Saved data entries
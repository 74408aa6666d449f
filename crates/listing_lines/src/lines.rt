// The line of an entry, and of a refusal. A `put_` function stores it at a place of a buffer, as far as the buffer
// reaches, and gives the place after it (`decimals`). Not `Display`: by `Put`, which each promises, a text may be cut
// at the end of the buffer and its length is still given.
ghost use Rattle.decimal_text.specs.Texts.{letters, Put};
ghost use Rattle.listing_lines.specs.Lines.{name_of, head_line, contact_line, unsure_line, closest_line, share_line, text_of, end_for, line_of, numbered, refusal_text, refusal_line};

use sheet_format::kinds::{Entry, Kind};
use sheet_types::phases::Phase;
use sheet_types::refusals::Refusal;

fn put_phase(out: &mut [u8], at: usize, phase: Phase) -> usize
    ensures { Put out.old at (letters (name_of phase)) out.new result }
{
    match phase {
        Phase::Penumbra => decimal_text::put_text(out, at, b"penumbra"),
        Phase::Central => decimal_text::put_text(out, at, b"central"),
        Phase::Star => decimal_text::put_text(out, at, b"star"),
    }
}

// "a head line"
fn put_head(out: &mut [u8], at: usize, station: u32, first: u32, last: u32) -> usize
    ensures { Put out.old at (head_line station first last) out.new result }
{
    let number = station as i64;
    let from = sheet_format::kinds::seconds::second_of(first);
    let to = sheet_format::kinds::seconds::second_of(last);
    let numbers = [number, from, to];
    decimal_text::put_filled(out, at, b"station # from # to #", &numbers)
}

// An enter or a leave: "each entry with from, to, direction".
fn put_contact(
    out: &mut [u8],
    at: usize,
    word: &[u8],
    phase: Phase,
    from: u32,
    to: u32,
    direction: u32,
) -> usize
    ensures { Put out.old at (contact_line word.now phase from to direction) out.new result }
{
    let name = decimal_text::put_text(out, at, word);
    let next = put_phase(out, name, phase);
    let start = sheet_format::kinds::seconds::second_of(from);
    let end = sheet_format::kinds::seconds::second_of(to);
    let angle = direction as i64;
    let numbers = [start, end, angle];
    decimal_text::put_filled(out, next, b" # # #", &numbers)
}

// A graze or an open: "with no direction".
fn put_unsure(out: &mut [u8], at: usize, word: &[u8], phase: Phase, from: u32, to: u32) -> usize
    ensures { Put out.old at (unsure_line word.now phase from to) out.new result }
{
    let name = decimal_text::put_text(out, at, word);
    let next = put_phase(out, name, phase);
    let start = sheet_format::kinds::seconds::second_of(from);
    let end = sheet_format::kinds::seconds::second_of(to);
    let numbers = [start, end];
    decimal_text::put_filled(out, next, b" # #", &numbers)
}

// "last the closest second with magnitude"
fn put_closest(out: &mut [u8], at: usize, second: u32, magnitude: u32) -> usize
    ensures { Put out.old at (closest_line second magnitude) out.new result }
{
    let when = sheet_format::kinds::seconds::second_of(second);
    let millionths = magnitude as i64;
    let numbers = [when, millionths];
    decimal_text::put_filled(out, at, b"closest # #", &numbers)
}

// The covered share in millionths.
fn put_share(out: &mut [u8], at: usize, share: u32) -> usize
    ensures { Put out.old at (share_line share) out.new result }
{
    let millionths = share as i64;
    let numbers = [millionths];
    decimal_text::put_filled(out, at, b"share #", &numbers)
}

// The text of an entry's line, without its end. A new kind is an arm here and a row of `text_for`.
pub fn put_entry_text(out: &mut [u8], at: usize, entry: Entry) -> usize
    ensures { Put out.old at (text_of entry) out.new result }
{
    let kind = entry.kind;
    let a = entry.a;
    let b = entry.b;
    let c = entry.c;
    match kind {
        Kind::Head => put_head(out, at, a, b, c),
        Kind::Enter(phase) => put_contact(out, at, b"enter ", phase, a, b, c),
        Kind::Leave(phase) => put_contact(out, at, b"leave ", phase, a, b, c),
        Kind::Graze(phase) => put_unsure(out, at, b"graze ", phase, a, b),
        Kind::Open(phase) => put_unsure(out, at, b"open ", phase, a, b),
        Kind::Closest => put_closest(out, at, a, b),
        Kind::Share => put_share(out, at, a),
        Kind::End => at,
    }
}

// The end of a kind's line; the end record has no line.
pub fn put_end(out: &mut [u8], at: usize, kind: Kind) -> usize
    ensures { Put out.old at (end_for kind) out.new result }
{
    if sheet_format::kinds::is_end(kind) {
        return at;
    }
    decimal_text::put_byte(out, at, b'\n')
}

// The line of an entry.
pub fn put_entry(out: &mut [u8], at: usize, entry: Entry) -> usize
    ensures { Put out.old at (line_of entry) out.new result }
{
    let end = put_entry_text(out, at, entry);
    let kind = entry.kind;
    put_end(out, end, kind)
}

// A word and two numbers.
pub fn put_numbered(out: &mut [u8], at: usize, word: &[u8], x: u64, y: u64) -> usize
    ensures { Put out.old at (numbered word.now x y) out.new result }
{
    let first = decimal_text::put_text(out, at, word);
    let middle = decimal_text::put_number(out, first, x);
    let second = decimal_text::put_byte(out, middle, b' ');
    decimal_text::put_number(out, second, y)
}

// "A refusal prints `refused`, number, place.", without the end of its line.
pub fn put_refusal(out: &mut [u8], at: usize, number: u64, place: u64) -> usize
    ensures { Put out.old at (refusal_text number place) out.new result }
{
    put_numbered(out, at, b"refused ", number, place)
}

// The same as a line of its own.
fn put_refusal_line(out: &mut [u8], at: usize, number: u64, place: u64) -> usize
    ensures { Put out.old at (refusal_line number place) out.new result }
{
    let end = put_refusal(out, at, number, place);
    decimal_text::put_byte(out, end, b'\n')
}

// The same of a refusal.
pub fn put_refused(out: &mut [u8], at: usize, refusal: Refusal) -> usize
    ensures { Put out.old at (refusal_line refusal.number refusal.place) out.new result }
{
    let number = refusal.number as u64;
    let place = refusal.place as u64;
    put_refusal_line(out, at, number, place)
}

• Task goal: Whenever a line of the data holds the string "letters", pick that line out.

• Response to this task:
ghost use Rattle.decimal_text.specs.Texts.{letters, Put};
    ensures { Put out.old at (letters (name_of phase)) out.new result }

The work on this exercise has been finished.